Prasasti C 100, yang dibuat pada tahun 1157/1158, ditemukan di kelompok menara G, mencatat pencapaian seorang raja bernama Harivarman (nama yang sama dengan raja dalam prasasti C 94). "Sesuai permintaan, sang raja, setelah mengalahkan "kamvos ca yavana" (Kamboja dan Dai Viet), membangun kembali kuil Dewa Siwa yang hancur… Selama masa pemerintahan raja, semua dewa dan rakyat menjadi makmur, tanah Champa seakan kembali ke era kejayaan…".
Hubungan antara prasasti dengan artefak
Para arkeolog dan pemugar pada abad ke-20 menemukan detail arsitektur yang rusak di dalam beberapa dinding menara, bukti bahwa perajin Champa menggunakan kembali bahan-bahan dari struktur yang sebelumnya hancur.
Benda-benda dan arca-arca di dalam menara candi juga hancur, terkubur, atau tenggelam dalam arus sejarah, lalu muncul kembali ribuan tahun kemudian. Pada tahun 2012, hujan ajaib mengungkap di Grup Menara E sebuah arca lingga sempurna yang belum ditemukan melalui survei dan investigasi cermat para arkeolog selama lebih dari 100 tahun.
Lingga bergambar Siwa, ditemukan pada tahun 2012. Foto: VVT
Ini adalah linga dengan bentuk khas yang memiliki tiga bagian: persegi, segi delapan, dan bulat, dan terutama memiliki relief kepala dewa Siwa yang menjorok keluar pada bagian atas linga, yang menggambarkan dengan tepat kisah asal usul linga dalam kitab suci Hindu.
Dilihat dari gaya dan bahan batunya, berhala linga ini diperkirakan berasal dari abad ke-8, periode yang sama dengan Altar di dalam menara E1 dan ditetapkan sebagai Harta Nasional.
Pada tahun 1997, detektor logam bekas secara tidak sengaja menemukan gelombang suara kepala patung Siwa emas yang terkubur di sebuah taman di desa Phu Long, kecamatan Dai Thang (Dai Loc), yang terletak di tepi utara sungai Thu Bon, simetris dengan lokasi Tanah Suci My Son di tepi selatan.

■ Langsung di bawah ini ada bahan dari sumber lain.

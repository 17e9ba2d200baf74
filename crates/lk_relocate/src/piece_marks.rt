//! Which sections of an object are its pieces, by marks, one for each section header index.

ghost use Rattle.std.specs.Prelude.{OnOk};
ghost use Rattle.lk_relocate.specs.PieceLists.{AreMarksOf};

use lk_marks::Marks;
use lk_model::summaries::PieceInfo;
use lk_report::NoMemory;

/// Marks the sections of these pieces, and no other ones.
pub(crate) fn mark_pieces(marks: &mut Marks, pieces: &[PieceInfo]) -> Result<(), NoMemory>
    ensures { OnOk result (AreMarksOf marks.new pieces.now) }
{
    marks.clear();
    for piece in pieces {
        marks.mark(piece.section)?;
    }
    Ok(())
}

Bentuk kepala patung Siwa menunjukkan bahwa ia merupakan bagian dari kośa, sejenis topi yang menutupi kepala berhala linga, yang dipersembahkan oleh raja Champa kepada dewa Siwa, yang disebutkan dalam banyak prasasti di My Son; artefak tersebut juga telah diklasifikasikan sebagai Harta Nasional.
Dan baru-baru ini (2023), patung perunggu dewi Durgā (Umā/Parvatī) dikembalikan ke Vietnam oleh badan keamanan dan diplomatik AS dan Inggris, dengan informasi yang diidentifikasi dalam catatan sebagai artefak yang ditemukan dan diangkut secara ilegal dari daerah My Son.
Candi-candi yang dipugar dan benda-benda pemujaan yang dikembalikan, pada awalnya kedengarannya seperti kisah kebetulan, tetapi di dalamnya terdapat gaung dari hati, kata-kata pada prasasti batu dari zaman dahulu.